» **What you should do**
Using the entries below, write out the line with "-> Option<MemberThread<M, B>>", the line with "of the members.", and every line in between, exactly as each is written.

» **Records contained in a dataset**
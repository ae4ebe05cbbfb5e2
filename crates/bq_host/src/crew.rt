//! A crew: members that are each served by a thread of their own. The threads begin together or not
//! at all.
ghost use Rattle.std.specs.Prelude.{◌≡◌, ◌≤◌, IfOk, IfSome, IsErrOf, [], map, vec_capacity, vec_len};
ghost use Rattle.std.specs.List.{AllZip};

use crate::fault::RunFault;
use crate::start::Start;
use bq_job::NoMemory;
use std::alloc::Global;
use std::snapshot::Snapshot;
use std::sync::Wait;
use std::thread;
use std::thread::{Promise, PromisedHandle, Scope, Threads};

/// What one thread of a crew does. It returns a `B` when it has ended.
pub trait Member<B> {
    /// Relates the member, before its thread begins, to what it returns.
    ghost gives: { Self → B → Type 0 };

    /// Works until the member has ended.
    fn serve<R: Threads + Wait>(self, rt: &R) -> B
        ensures gives { gives self result };
}

// The promise of a member's thread: if it began, it returns what the member gives.
#[derive(Drop)]
struct MemberPromise<M> {
    member: Snapshot<M>,
}

impl<B, M: Member<B>> Promise<Option<B>> for MemberPromise<M> {
    ghost kept_by = { λ promise back. IfSome back (M.gives promise.member.value) };
}

type MemberThread<M, B> = PromisedHandle<Option<B>, MemberPromise<M>>;

// Members before their threads start, with room for the threads and for what they return.
#[derive(Drop)]
struct Crew<M: Member<B>, B> {
    members: Vec<M, Global>,
    threads: Vec<MemberThread<M, B>, Global>,
    backs: Vec<B, Global>,
    ghost no_threads: { threads.items ≡ [] },
    ghost no_backs: { backs.items ≡ [] },
    ghost for_threads: { vec_len members ≤ vec_capacity threads },
    ghost for_backs: { vec_len members ≤ vec_capacity backs },
}

impl<M: Member<B> + Drop, B: Drop> Crew<M, B> {
    fn new(alloc: Global, members: Vec<M, Global>) -> Result<Crew<M, B>, NoMemory>
        ensures members { IfOk result (λ crew. crew.members ≡ members) }
    {
        let Ok(threads) = Vec::with_capacity(alloc, members.len()) else {
            return Err(NoMemory);
        };
        let Ok(backs) = Vec::with_capacity(alloc, members.len()) else {
            return Err(NoMemory);
        };
        Ok(Crew {
            members,
            threads,
            backs,
        })
    }
}

// The threads of all members, with room for what they return.
#[derive(Drop)]
struct AtWork<M: Member<B>, B> {
    threads: Vec<MemberThread<M, B>, Global>,
    backs: Vec<B, Global>,
    ghost no_backs: { backs.items ≡ [] },
    ghost for_backs: { vec_len threads ≤ vec_capacity backs },
}

// Serves the member if all threads were started. Returns `None` if one was refused.
fn serve_if_begun<R: Threads + Wait, M: Member<B> + Drop, B: Drop>(
    rt: &R,
    start: &Start,
    member: M,
) -> Option<B>
    ensures { IfSome result (M.gives member) }
{
    if start.wait(rt) {
        Some(member.serve(rt))
    } else {
        None
    }
}

// Starts a thread for this member, if possible.
fn start_member<
    's,
    E,
    R: Threads + Wait + Sync,
    M: Member<B> + Drop + Send + 's,
    B: Drop + Send + 's,
>(scope: &'s Scope<'s, E>, rt: &'s R, start: &'s Start, member: M) -> Option<MemberThread<M, B>>
    ensures { IfSome result (λ thread. thread.promise.member.value ≡ member) }
{
    let promise = MemberPromise {
        member: Snapshot::of(&member),
    };
    scope
        .spawn_with(promise, move || serve_if_begun(rt, start, member))
        .ok()
}

// Starts a thread for each member, and signals to all threads at this start whether they begin.
// Returns `None` if a thread could not be started. The scope waits for those that were.
fn start_crew<
    's,
    E,
    R: Threads + Wait + Sync,
    M: Member<B> + Drop + Send + 's,
    B: Drop + Send + 's,
>(scope: &'s Scope<'s, E>, rt: &'s R, start: &'s Start, crew: Crew<M, B>) -> Option<AtWork<M, B>>
    ensures { IfSome result (λ work. map (λ t. t.promise.member.value) work.threads.items ≡ crew.members.items) }
{
    let Crew {
        members,
        mut threads,
        backs,
    } = crew;
    for member in members {
        let Some(thread) = start_member(scope, rt, start, member) else {
            start.tell(rt, false);
            return None;
        };
        threads.push_reserved(thread);
    }
    start.tell(rt, true);
    Some(AtWork { threads, backs })
}

// Waits for all threads, and returns what they returned, in the order of the members.
fn join_crew<R: Threads, M: Member<B> + Drop, B: Drop>(
    rt: &R,
    work: AtWork<M, B>,
) -> Option<Vec<B, Global>>
    ensures { IfSome result
        (λ backs. AllZip M.gives (map (λ t. t.promise.member.value) work.threads.items) backs.items) }
{
    let AtWork { threads, mut backs } = work;
    for thread in threads {
        let back = thread.join(rt)?;
        backs.push_reserved(back);
    }
    Some(backs)
}

// Serves the crew in a scope of its own, and the lead in this thread.
fn serve_at<
    R: Threads + Wait + Sync,
    M: Member<B> + Drop + Send,
    B: Drop + Send,
    L: Member<T> + Drop,
    T: Drop,
>(rt: &R, start: &Start, crew: Crew<M, B>, lead: L) -> Option<(Vec<B, Global>, T)>
    ensures crew { IfSome result (λ r. AllZip M.gives crew.members.items r.0.items) }
    ensures lead { IfSome result (λ r. L.gives lead r.1) }
{
    thread::scope(
        thread::scope_env(),
        rt,
        move |scope| -> Option<(Vec<B, Global>, T)>
            ensures crew { IfSome result (λ r. AllZip M.gives crew.members.items r.0.items) }
            ensures lead { IfSome result (λ r. L.gives lead r.1) }
        {
            let work = start_crew(scope, rt, start, crew)?;
            let led = lead.serve(rt);
            Some((join_crew(rt, work)?, led))
        },
    )
}

/// Serves each member in a thread of its own, and the lead in the calling thread, after all threads
/// were started. Returns what the members gave, in their order, and what the lead gave.
///
/// The error is `NoMemory` if an allocation failed, or `ThreadRefused` if a thread could not be
/// started. After an error nothing was served.
pub fn serve_crew<
    R: Threads + Wait + Sync,
    M: Member<B> + Drop + Send,
    B: Drop + Send,
    L: Member<T> + Drop,
    T: Drop,
>(rt: &R, alloc: Global, members: Vec<M, Global>, lead: L) -> Result<(Vec<B, Global>, T), RunFault>
    ensures crew { IfOk result (λ r. AllZip M.gives members.items r.0.items) }
    ensures lead { IfOk result (λ r. L.gives lead r.1) }
    ensures fault { IsErrOf result RunFault.BadConfiguration → ⊥ }
{
    let Ok(crew) = Crew::new(alloc, members) else {
        return Err(RunFault::NoMemory);
    };
    let start = Start::new();
    serve_at(rt, &start, crew, lead).ok_or(RunFault::ThreadRefused)
}

/// Does the same with one more thread, for a member of another kind. It starts first and is joined
/// last.
pub fn serve_crew_beside<
    R: Threads + Wait + Sync,
    O: Member<X> + Drop + Send,
    X: Drop + Send,
    M: Member<B> + Drop + Send,
    B: Drop + Send,
    L: Member<T> + Drop,
    T: Drop,
>(
    rt: &R,
    alloc: Global,
    other: O,
    members: Vec<M, Global>,
    lead: L,
) -> Result<(X, Vec<B, Global>, T), RunFault>
    ensures other { IfOk result (λ r. O.gives other r.0) }
    ensures crew { IfOk result (λ r. AllZip M.gives members.items r.1.items) }
    ensures lead { IfOk result (λ r. L.gives lead r.2) }
    ensures fault { IsErrOf result RunFault.BadConfiguration → ⊥ }
{
    let Ok(crew) = Crew::new(alloc, members) else {
        return Err(RunFault::NoMemory);
    };
    let start = &Start::new();
    thread::scope(
        thread::scope_env(),
        rt,
        move |scope| -> Option<(X, Vec<B, Global>, T)>
            ensures other { IfSome result (λ r. O.gives other r.0) }
            ensures crew { IfSome result (λ r. AllZip M.gives crew.members.items r.1.items) }
            ensures lead { IfSome result (λ r. L.gives lead r.2) }
        {
            let thread = start_member(scope, rt, start, other)?;
            let (backs, led) = serve_at(rt, start, crew, lead)?;
            Some((thread.join(rt)?, backs, led))
        },
    )
    .ok_or(RunFault::ThreadRefused)
}
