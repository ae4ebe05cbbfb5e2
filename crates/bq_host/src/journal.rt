//! The journal of the steps that a core took.
ghost use Rattle.std.specs.Prelude.{◌≡◌, ◌<◌, ◌≤◌, [], IfOk, IfSome, IsNone, IsSome, IsTrue, Option, length, true};
ghost use Rattle.bq_job.specs.beside.StepBody.{has_body};
ghost use Rattle.bq_job.specs.declared.step.Step.{Step};
ghost use Rattle.bq_host.specs.Journals.{with_entry, without_entry};

use bq_core_api::Outs;
use bq_job::{Entry, Moment, NoMemory, Seat, Step};
use std::alloc::Global;
use std::marker::Model;

/// The source of the copy of a step for its entry: `SharedBodies` in a run. Contracts say by it that
/// a copy was refused.
pub trait CopySource {
    /// This source, as it was before, refused a copy of this step.
    ghost refused: { Self → Step → Type 0 };

    /// This source, as it was before, was asked once for a copy of this step, returned this, and is
    /// the second one now.
    ghost asked: { Self → Step → Option Step → Self → Type 0 } = { λ _ _ _ _. Unit {0} };

    /// Returns a copy of the step, or `None` if it is refused.
    fn copy_of(&mut self, what: &Step) -> Option<Step>
        ensures same { IfSome result (λ step. step ≡ what.now) }
        ensures refused { IsNone result → refused self.old what.now }
        ensures asked { asked self.old what.now result self.new };
}

/// Copies that share the body of a put. A copy is refused only if `Arc` refuses another reference
/// to that body.
#[derive(Drop)]
pub struct SharedBodies;

impl CopySource for SharedBodies {
    ghost refused = { λ source step. IsTrue (has_body step) };

    fn copy_of(&mut self, what: &Step) -> Option<Step> {
        what.share().ok()
    }
}

/// The entries of the steps that were taken, as long as there is room for them.
#[derive(Drop)]
pub struct Journal {
    entries: Vec<Entry, Global>,
    capacity: usize,
    whole: bool,
}

impl Model for Journal {
    ghost use Rattle.std.specs.Prelude.{◌≤◌};
    ghost use Rattle.std.specs.Vec.{vec_capacity};
    ghost use Rattle.bq_host.specs.Journals.{JournalState};

    ghost Value = { JournalState };

    ghost view = { λ j. record { entries = j.entries.items; capacity = j.capacity; whole = j.whole } };

    ghost invariant = { λ j. j.capacity ≤ vec_capacity j.entries };
}

impl Journal {
    /// Allocates an empty journal with room for this many entries.
    pub fn new(alloc: Global, capacity: usize) -> Result<Journal, NoMemory>
        ensures { IfOk result
            (λ journal. journal ≡ record { entries = []; capacity = capacity; whole = true }) }
    {
        let Ok(entries) = Vec::with_capacity(alloc, capacity) else {
            return Err(NoMemory);
        };
        Ok(Journal {
            entries,
            capacity,
            whole: true,
        })
    }

    /// Returns a copy of the step from this source, which is asked for it once. Returns `None` if
    /// there is no room for its entry, and then asks for none, or if the source refuses the copy.
    pub fn copy<S: CopySource>(&self, source: &mut S, what: &Step) -> Option<Step>
        ensures same { IfSome result (λ step. step ≡ what.now) }
        ensures room { IsSome result → length self.now.entries < self.now.capacity }
        ensures refused { IsNone result → length self.now.entries < self.now.capacity
            → S.refused source.old what.now }
        ensures asked { length self.now.entries < self.now.capacity
            → S.asked source.old what.now result source.new }
        ensures unasked { self.now.capacity ≤ length self.now.entries → source.new ≡ source.old }
    {
        if self.entries.len() >= self.capacity {
            return None;
        }
        source.copy_of(what)
    }

    /// Adds the entry of the step that has just been taken, with this copy of the step and with
    /// the outcome that the core reported. The journal is no longer complete if there is no copy,
    /// or if a body could not be shared in the step.
    pub fn note(&mut self, at: Moment, seat: Seat, copy: Option<Step>, outs: &Outs)
        requires room { IsSome copy → length self.old.entries < self.old.capacity }
        ensures without { IsNone copy → self.new ≡ without_entry self.old }
        ensures added { IfSome copy (λ step. self.new
            ≡ with_entry (record { moment = at; seat = seat; step = step; left_out = outs.now.left_out })
            outs.now.unshared self.old) }
    {
        let Some(step) = copy else {
            self.whole = false;
            return;
        };
        self.entries
            .push(Entry {
                moment: at,
                seat,
                step,
                left_out: outs.left_out(),
            })
            .unwrap();
        self.whole = self.whole && !outs.unshared();
    }

    /// Returns the entries so far, in the order in which their steps were taken.
    pub fn entries(&self) -> &[Entry]
        ensures { result.now ≡ self.now.entries }
    {
        self.entries.as_slice()
    }

    /// Returns true if every step has its entry, and each body could be shared in it.
    pub fn whole(&self) -> bool
        ensures { result ≡ self.now.whole }
    {
        self.whole
    }
}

» **Result**
>(scope: &'s Scope<'s, E>, rt: &'s R, start: &'s Start, member: M) -> Option<MemberThread<M, B>>
    ensures { IfSome result (λ thread. thread.promise.member.value ≡ member) }
{
    let promise = MemberPromise {
        member: Snapshot::of(&member),
    };
    scope
        .spawn_with(promise, move || serve_if_begun(rt, start, member))
        .ok()
}

// Starts a thread for each member, and signals to all threads at this start whether they begin.
// Returns `None` if a thread could not be started. The scope waits for those that were.
fn start_crew<
    's,
    E,
    R: Threads + Wait + Sync,
    M: Member<B> + Drop + Send + 's,
    B: Drop + Send + 's,
>(scope: &'s Scope<'s, E>, rt: &'s R, start: &'s Start, crew: Crew<M, B>) -> Option<AtWork<M, B>>
    ensures { IfSome result (λ work. map (λ t. t.promise.member.value) work.threads.items ≡ crew.members.items) }
{
    let Crew {
        members,
        mut threads,
        backs,
    } = crew;
    for member in members {
        let Some(thread) = start_member(scope, rt, start, member) else {
            start.tell(rt, false);
            return None;
        };
        threads.push_reserved(thread);
    }
    start.tell(rt, true);
    Some(AtWork { threads, backs })
}

// Waits for all threads, and returns what they returned, in the order of the members.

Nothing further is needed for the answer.